# changer la carte graphique d'un PowerMac G5, possible ?



## petitfuzzle (3 Septembre 2004)

Est il possible, de façon simple et sure, de remplaçer la carte graphique de mon powerMac G5 1.8 Mono (Nividia GeForce 5200) par une carte plus performante, si oui laquelle me conseillez vous ?


----------



## Dark Templar (3 Septembre 2004)

Bonjour, c'est tout à fait possible (la manip est d'ailleurs expliquée dans le manuel), il te faut une carte AGP (si possible 8x).
Ensuite tout dépend de ton budget (les cartes Mac sont plus chère que celles pour PC). Une 9800 Pro 128 Mo (en gros 2-3 fois plus puissante que la tienne) vaut 200 $ sur Ebay Us et 350 ¤ chez Macway. 
Sinon, sur l'appleStore tu as la 9800 SE 256 Mo à 500 ¤ et la 6800 Ultra (le top du top du must) à 633 ¤. 
Quels sont tes besoins et ton budget ?


----------



## petitfuzzle (3 Septembre 2004)

merci de cette première réponse. mes besoins en carte graphique sont (malheureusement) dictés par ceux des jeux des enfants (warcraft, unreal et j'en passe), pour le budget maxi 300¤, je ne voudrai surtout pas que le changement aboutisse à des problèmes techniques ou autres (freeze, etc...) car mon G5 tourne parfaitement.


----------



## Apca (3 Septembre 2004)

A mon avis, la 9800 pro 128 te conviendrai le mieux. M'enfin, elle depasse un peu ton budjet


----------



## petitfuzzle (3 Septembre 2004)

de 46¤ seulement je vais faire un effort !


----------



## petitfuzzle (3 Septembre 2004)

Je m'aperçois que certaines cartes n'ont pas de port ADC, or mon écran est un apple 20'. Sur le site Apple deux cartes sont en vente avec port APC :
un 9800 Pro à ... 499¤ (gloups !)
une 9000 Pro 128 Mo à 199¤ (c'est mieux)
Que vaux cette dernière ?


----------



## naas (3 Septembre 2004)

si cela peux aider http://docs.info.apple.com/article.html?artnum=86790


----------



## Dark Templar (3 Septembre 2004)

petitfuzzle a dit:
			
		

> une 9000 Pro 128 Mo à 199¤ (c'est mieux)
> Que vaux cette dernière ?


Je pense que la différence par rapport à ta 9600 Pro ne sera pas énorme.

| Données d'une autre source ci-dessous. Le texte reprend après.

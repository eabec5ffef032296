//! What every space of functions offers.
ghost use Rattle.std.specs.Prelude.{◌≡◌, ◌<◌, ◌↔◌, [], ◌∷◌, true, false, IsTrue, IfOk, OnOk, IsErrOf, length, map, All, Some, None, if◌then◌else◌};
ghost use Rattle.ncl_gates.specs.Gate.{arity_of};
ghost use Rattle.ncl_space.specs.Functions.{constant_table, gate_table, least, rail_table};
ghost use Rattle.ncl_space.specs.Space.{
  Adds,
  IsLive,
  IsSpace,
  Keeps,
  Makes,
  MarksNow,
  Releases,
  SpaceData,
  fits,
};

use ncl_base::{Memory, Word};
use ncl_gates::Kind;
use std::alloc::{AllocError, AllocFailed};
use thiserror::Error;

/// The name of a function in a space, which has a table there as long as it is live.
#[derive(Clone, Copy, Debug, Default, PartialEq, Eq, Hash)]
pub struct Ref {
    /// Where the space keeps the function.
    pub place: u32,
}

/// A moment of a space, to which it can go back.
#[derive(Clone, Copy, Debug, PartialEq, Eq)]
pub struct Mark {
    /// How much the space kept at that moment.
    pub count: u32,
}

/// Why a space gives no function.
#[derive(Clone, Copy, Debug, PartialEq, Eq, Error)]
pub enum SpaceFault {
    /// More beads would be held than the limit of the space.
    #[error("the limit is passed")]
    Full,
    /// There was no memory.
    #[error("out of memory")]
    Memory,
}

impl From<Memory> for SpaceFault {
    ghost use Rattle.std.specs.Prelude.{◌≡◌};
    ghost use Rattle.ncl_space.specs.declared.space.SpaceFault.TheVariants.{Memory as OutOfMemory};

    ghost from_gives = { λ _ fault. fault ≡ OutOfMemory };

    fn from(_memory: Memory) -> Self {
        SpaceFault::Memory
    }
}

impl From<AllocError> for SpaceFault {
    ghost use Rattle.std.specs.Prelude.{◌≡◌};
    ghost use Rattle.ncl_space.specs.declared.space.SpaceFault.TheVariants.{Memory as OutOfMemory};

    ghost from_gives = { λ _ fault. fault ≡ OutOfMemory };

    fn from(error: AllocError) -> Self {
        let _ = error;
        SpaceFault::Memory
    }
}

impl<T: Drop> From<AllocFailed<T>> for SpaceFault {
    ghost use Rattle.std.specs.Prelude.{◌≡◌};
    ghost use Rattle.ncl_space.specs.declared.space.SpaceFault.TheVariants.{Memory as OutOfMemory};

    ghost from_gives = { λ _ fault. fault ≡ OutOfMemory };

    fn from(error: AllocFailed<T>) -> Self {
        let _ = error;
        SpaceFault::Memory
    }
}

/// A space of functions of the words of some number of bits, from 1 to 128.
///
/// It gives the functions that it is asked for, and holds the beads of their tables: the nodes that
/// they have in a reduced ordered decision diagram. It may have a limit on how many beads it holds.
/// Every call takes Refs that are live. They stay live, with their tables, until the space goes back
/// to a mark at which they weren't.
pub trait Space {
    /// What the space holds.
    ghost meaning: { Self → SpaceData };

    /// The number of bits of a word. Takes no memory.
    fn width(&self) -> usize
        ensures width { result ≡ (meaning self.now).width }
        ensures space { IsSpace (meaning self.now) };

    /// The function that has this value at every word. Takes no memory.
    fn constant(&self, value: bool) -> Ref
        ensures live { IsLive (meaning self.now) result }
        ensures table { let s = meaning self.now in s.table result ≡ constant_table s.width value };

    /// The function that is 1 exactly at the words whose bit, counted from 0, has this value.
    ///
    /// It answers `Full` exactly where the beads held with those of the function are more than the
    /// limit. Whatever the answer, what was live and held stays so, and no other beads come.
    fn rail(&mut self, bit: usize, value: bool) -> Result<Ref, SpaceFault>
        requires { bit < (meaning self.old).width }
        ensures made { let s = meaning self.old in let t = rail_table s.width bit value in
            IfOk result (λ r. Makes s (meaning self.new) r t) }
        ensures kept { Keeps (meaning self.old) (meaning self.new) }
        ensures adds { let s = meaning self.old in let t = rail_table s.width bit value in
            Adds s (meaning self.new) (t ∷ []) }
        ensures full { let s = meaning self.old in let t = rail_table s.width bit value in
            IsErrOf result SpaceFault.Full → fits s (t ∷ []) ≡ false }
        ensures fits { let s = meaning self.old in let t = rail_table s.width bit value in
            OnOk result (fits s (t ∷ []) ≡ true) };

    /// The set function of a gate on the functions at its inputs, word by word.
    ///
    /// It answers `Full` exactly where the beads held with those of the function are more than the
    /// limit. Whatever the answer, what was live and held stays so, and no other beads come.
    fn apply(&mut self, kind: Kind, ins: &[Ref]) -> Result<Ref, SpaceFault>
        requires arity { length ins.now ≡ arity_of kind }
        requires live { All (IsLive (meaning self.old)) ins.now }
        ensures made { let s = meaning self.old in
            let t = gate_table s.width kind (map s.table ins.now) in
            IfOk result (λ r. Makes s (meaning self.new) r t) }
        ensures kept { Keeps (meaning self.old) (meaning self.new) }
        ensures adds { let s = meaning self.old in
            let t = gate_table s.width kind (map s.table ins.now) in
            Adds s (meaning self.new) (t ∷ []) }
        ensures full { let s = meaning self.old in
            let t = gate_table s.width kind (map s.table ins.now) in
            IsErrOf result SpaceFault.Full → fits s (t ∷ []) ≡ false }
        ensures fits { let s = meaning self.old in
            let t = gate_table s.width kind (map s.table ins.now) in
            OnOk result (fits s (t ∷ []) ≡ true) };

    /// Whether two functions are one. Takes no memory.
    fn same(&self, x: Ref, y: Ref) -> bool
        requires x { IsLive (meaning self.now) x }
        requires y { IsLive (meaning self.now) y }
        ensures { let s = meaning self.now in IsTrue result ↔ (s.table x ≡ s.table y) };

    /// Whether the function is 1 at some word, and then `out` is the least of these words. Otherwise
    /// `out` stays as it is. Takes no memory.
    fn least_one(&self, x: Ref, out: &mut Word) -> bool
        requires { IsLive (meaning self.now) x }
        ensures word { let s = meaning self.now in
            least true s.width (s.table x) ≡ (if result then Some out.new else None) }
        ensures unchanged { result ≡ false → out.new ≡ out.old };

    /// Whether the function is 0 at some word, and then `out` is the least of these words. Otherwise
    /// `out` stays as it is. Takes no memory.
    fn least_zero(&self, x: Ref, out: &mut Word) -> bool
        requires { IsLive (meaning self.now) x }
        ensures word { let s = meaning self.now in
            least false s.width (s.table x) ≡ (if result then Some out.new else None) }
        ensures unchanged { result ≡ false → out.new ≡ out.old };

    /// A mark of this moment. Takes no memory.
    fn mark(&self) -> Mark
        ensures mark { MarksNow (meaning self.now) result }
        ensures space { IsSpace (meaning self.now) };

    /// Goes back to a mark that stands: the functions made since then are live no more, and their beads
    /// are no longer held. Takes no memory.
    fn release(&mut self, mark: Mark)
        requires { IsTrue ((meaning self.old).stands mark) }
        ensures { Releases (meaning self.old) (meaning self.new) mark };

    /// What holds of every space at every moment. Costs nothing.
    final fn facts(&self)
        ensures { IsSpace (meaning self.now) }
    {
        let _ = self.width();
    }
}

quand à la 9800 sur l'apple Store, sache qu'une 9800 SE (bien plus puissante) commandée chez OWC te coûterai 330 ¤, port compris.


----------



## petitfuzzle (3 Septembre 2004)

Je pense que la différence par rapport à ta 9600 Pro ne sera pas énorme

malheureusement je n'ai que la nividia de base !
OWC c'est où ????


----------



## petitfuzzle (3 Septembre 2004)

mes excuses, je n'avais qu'à cliquer sur le lien


----------



## petitfuzzle (4 Septembre 2004)

suivant les connseils de Dark Templar, je viens de passer commande chez OWC d'une Radeon 9800 Pro special Mac (avec ADC) pour environ 320 ¤ (sauf taxes surajoutées de dernière minute), je vous tiens au courant.


----------



## Dark Templar (6 Septembre 2004)

J'espère que la douane française ne te rajoutera pas 20 % de TVA :rose:


----------



## petitfuzzle (6 Septembre 2004)

En fait à la dernière minute j'ai commandé chez CLGinformatique, même modèle (avec sortie ADC et DVI) pour 367¤ port compris, je dois la recevoir dans le courant de cette semaine.
J'espère que ce n'est pas plus dur à monter que la carte miglia alchemy !


----------



## petitfuzzle (6 Septembre 2004)

Le prix que j'ai donné (et auquel j'ai commandé) était une promo apple expo, il est remonté à 490¤ TTC (499 sur l'apple store), ouf!


----------



## petitfuzzle (11 Septembre 2004)

j'ai monté ma carte hier soir, pas de problème particulier, si ce n'est que j'ai égaré pendant quelques minutes la vis dans les entrailles du G5, un tournevis magnétisé est obligatoire. Tout fonctionne sans problème avec une "fluidité" générale nettement accru et quelques décibels supplémentaires "acceptables", je vais peut être acheter un ventilateur Verax chez MacWay.


----------